MUSCATINE, Iowa – Nineteen students from both sides of the Mississippi River spent Saturday morning building paper bridges destined to be crushed.

This they did gladly – in part because they were vying for

$50 prizes — but that wasn’t the only reason.

“It’s fun,” said Kyle Lund, a fifth-grader from Wilton, who was teaming up with his friend, Ronen Santiago, another Wilton fifth-grader. “It gets you out of the house, and gives you something to do with your hands.”

“It definitely would take a lot of work to build a real bridge,” said Jacob Reimche, a Wilton fourth-grader.

“And I probably won’t grow up to be an engineer,” said his 11-year-old sister, Hannah, who teamed with her brother to build an entry.

Musco Lighting hosted a bridge-building contest in which students grades 4 through 12 could use only paper, glue, rulers, scissors and tubes (for rolling strong bridge beams).

Dave Moritz, an engineer for Stanley Consultants, and wife Diane, a Wilton science teacher, organized the contest, with a lot of help from their friend, Bob Windt of Cordova, Ill.

Windt, 70, is a retired

aerospace engineer and the builder of more than 100 working hovercrafts.

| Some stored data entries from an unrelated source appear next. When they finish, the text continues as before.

ghost use Rattle.std.specs.Prelude.{◌≡◌, ◌↔◌, [], ◌∷◌, OnOk, OnErr, IsTrue};
ghost use Rattle.wasm_typing.specs.Rules.{at};
ghost use Rattle.wasm_check_control.specs.Segments.{innermost, outer, with_innermost, Popped, PoppedSame};

use crate::value_matches::same_number;
use std::alloc::{AllocError, Global};
use std::marker::Model;
use wasm_typing::ValueType;

/// The types of operands, in one segment for each control frame.
#[derive(Drop)]
pub struct Operands {
    items: Vec<ValueType>,
    floor: Option<usize>,
    outer: Vec<usize>,
}

impl Model for Operands {
    ghost use Rattle.std.specs.Prelude.{List, length, reverse};
    ghost use Rattle.wasm_typing.specs.Types.{Stack};
    ghost use Rattle.wasm_check_control.specs.Segments.{segments, floors_of, AreFloors, IsAlone};

    ghost Value = { List Stack };

    ghost view = { λ s. segments (floors_of s.floor s.outer.items) (reverse s.items.items) };

    ghost invariant = { λ s. AreFloors (floors_of s.floor s.outer.items) (length (reverse s.items.items)) × IsAlone s.floor s.outer.items };
}

impl Operands {
    /// Creates a stack without segments.
    pub fn new(alloc: Global) -> Operands
        ensures { result ≡ [] }
    {
        Operands {
            items: Vec::new(alloc),
            floor: None,
            outer: Vec::new(alloc),
        }
    }

    /// Adds an operand on top of the innermost segment.
    #[inline(always)]
    pub fn push(&mut self, ty: ValueType) -> Result<(), AllocError>
        ensures pushed { OnOk result (self.new ≡ with_innermost (ty ∷ innermost self.old) self.old) }
        ensures unchanged { OnErr result (self.new ≡ self.old) }
    {
        self.items.push(ty)?;
        Ok(())
    }

    /// Removes the operand on top of the innermost segment.
    #[inline(always)]
    pub fn pop(&mut self) -> Option<ValueType>
        ensures { Popped result self.old self.new }
    {
        let Some(floor) = self.floor else {
            return None;
        };
        if self.items.len() <= floor {
            return None;
        }
        self.items.pop()
    }

    /// Removes the operand on top of the innermost segment if it has this type, and this is a number
    /// type or `v128`. Returns whether it does.
    #[inline(always)]
    pub fn pop_same(&mut self, ty: &ValueType) -> bool
        ensures { PoppedSame result ty.now self.old self.new }
    {
        let Some(top) = self.peek(0) else {
            return false;
        };
        if !same_number(&top, ty) {
            return false;
        }
        self.pop();
        true
    }

    /// Returns the operand of the innermost segment that has `depth` operands above it.
    #[inline(always)]
    pub fn peek(&self, depth: usize) -> Option<ValueType>
        ensures { result ≡ at (innermost self.now) depth }
    {
        let Some(floor) = self.floor else {
            return None;
        };
        if depth >= self.items.len() - floor {
            return None;
        }
        Some(self.items[self.items.len() - 1 - depth])
    }

    /// Returns whether the innermost segment is empty.
    #[inline(always)]
    pub fn is_empty(&self) -> bool
        ensures { IsTrue result ↔ (innermost self.now ≡ []) }
    {
        match self.floor {
            Some(floor) => self.items.len() <= floor,
            None => true,
        }
    }

    /// Opens an empty segment.
    pub fn open(&mut self) -> Result<(), AllocError>
        ensures opened { OnOk result (self.new ≡ [] ∷ self.old) }
        ensures unchanged { OnErr result (self.new ≡ self.old) }
    {
        if let Some(floor) = self.floor {
            self.outer.push(floor)?;
        }
        self.floor = Some(self.items.len());
        Ok(())
    }

    /// Removes the innermost segment with its operands.
    pub fn close(&mut self)
        ensures { self.new ≡ outer self.old }
    {
        if let Some(floor) = self.floor {
            self.items.truncate(floor);
            self.floor = self.outer.pop();
        }
    }

    /// Removes the operands of the innermost segment.
    pub fn clear(&mut self)
        ensures { self.new ≡ with_innermost [] self.old }
    {
        if let Some(floor) = self.floor {
            self.items.truncate(floor);
        }
    }
}
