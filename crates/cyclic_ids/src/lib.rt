//! The numbers of one PID namespace, drawn in turn as by the kernel's cyclic IDR.
//!
//! A number is drawn as the kernel draws a process number: the least free one from a cursor on, and
//! where there is none below the bound, the least free one from the start again (`idr_alloc_cyclic`
//! in `lib/idr.c`; `alloc_pid` in `kernel/pid.c`, where the start is 300 once the cursor has passed
//! it).
//!
//! A draw is made in three steps: `plan` says which number is next, `prepare` takes the memory for
//! it, and `commit` gives it. Only `prepare` takes memory that it cannot do without.
#![tactic(auto)]

ghost use Rattle.std.specs.Prelude.{◌≡◌, ◌≢◌, ℕ, ◌+◌, ◌*◌, ◌/◌, ◌<◌, ◌≤◌, Option, Some, None, OnOk, IfSome, true};
ghost use Rattle.std.specs.{Prelude.{MatchBool, false, not, is_some, [], ◌∷◌}, Option.{option_copied, option_map}};
ghost use Rattle.{
  index_array.specs.Place.{index_count, entry_at, is_prepared, value_at, is_marked, is_unmarked, with_mark},
  index_array.specs.Place.{IsLeastIndex, WritesEntry, KeepsEntries, KeepsPrepared},
  pid_types.specs.{Draw.{restart}, Settings.{HasGoodPidMax}},
  cyclic_ids.specs.Ids.{Ids, planned, entry_beside, lesser, AreInRange},
};

use index_array::{INDEX_COUNT, IndexArray, Leaf};
use pid_types::keys::Pid;
use std::alloc::{AllocError, Global};
use std::marker::Model;

/// The mark of a number that a task has.
pub const TASK_MARK: usize = 0;

/// The mark of a number that a process group has.
pub const GROUP_MARK: usize = 1;

/// The mark of a number that a session has.
pub const SESSION_MARK: usize = 2;

/// A finite map from numbers below a bound to values with marks, and a cursor for draws.
///
/// The 64 numbers of one block, where draws go on, stand in a leaf beside the tree. A call for one of them is a
/// call for that leaf, and a call for another is one of an `IndexArray`; a search may make both, and `plan` at
/// most four. `prepare` exchanges the leaf for another, so draws in turn do so once in 64. Releases in turn exchange it
/// too, as in the teardown of a namespace. The cost hardly grows with the numbers in use.
pub struct CyclicIds {
    ids: IndexArray,
    leaf: Leaf,
    /// The numbers of the leaf divided by 64.
    block: u32,
    /// Whether the numbers of the leaf are prepared.
    is_ready: bool,
    /// Whether the tree may have a leaf, with no entry, for the same block.
    is_backed: bool,
    /// The block in which a number was last prepared that was not in the leaf's.
    last: u32,
    turn: Turn,
    pid_max: u32,
    cursor: Pid,
}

He has a long history working with students to get them as excited about science as he is.

“I just love it,” he said, “when you see a light bulb go on over a kid’s head.”

“You walk into Bob’s house,” Moritz said, “and it’s like a toy shop.”

Windt opened his time with the students by showing them a book describing how engineers design strong bridges. He gave students a few pointers for their designs, such as “use your worst-looking pieces on the bottom, because they’re probably the strongest pieces” and “don’t glob on the glue, because it’ll add too much weight,” before turning students loose to get to work.

Windt also brought along prototypes of miniature hovercraft he’s designed, along with rockets and gliders, all homemade from readily-available materials. His motto: “The best toys are the ones you make yourself.”

Windt grew up in Chicago, where he said he and his brother could easily purchase chemicals like potassium nitrate for use as fuel in their homemade model rockets. Once his brother purchased a five-gallon bucket of shotgun shells, which the boys took apart for the gunpowder to fire their rockets.

“Our garage had a lot of holes from our misfirings,” he said, chuckling.

After two hours of bridge-building, students brought their bridges forward so that Moritz and Windt could see how much stress they could stand up to.

A dial indicated how much pressure each bridge withstood before it failed. Dividing that number by the bridge’s weight determined three winners: Tyler Much of Muscatine High School, Max Cremer of Pleasant Valley Junior High School in LeClaire and Noah Brown of Wilton Elementary School. Each took home $50, courtesy of Musco Lighting.

Children learn much better by doing than by watching, Windt said, and he’s got a lifetime of testimonials to prove it.

“Kids are always telling me, ‘That’s the best day I ever had in school!’” he said.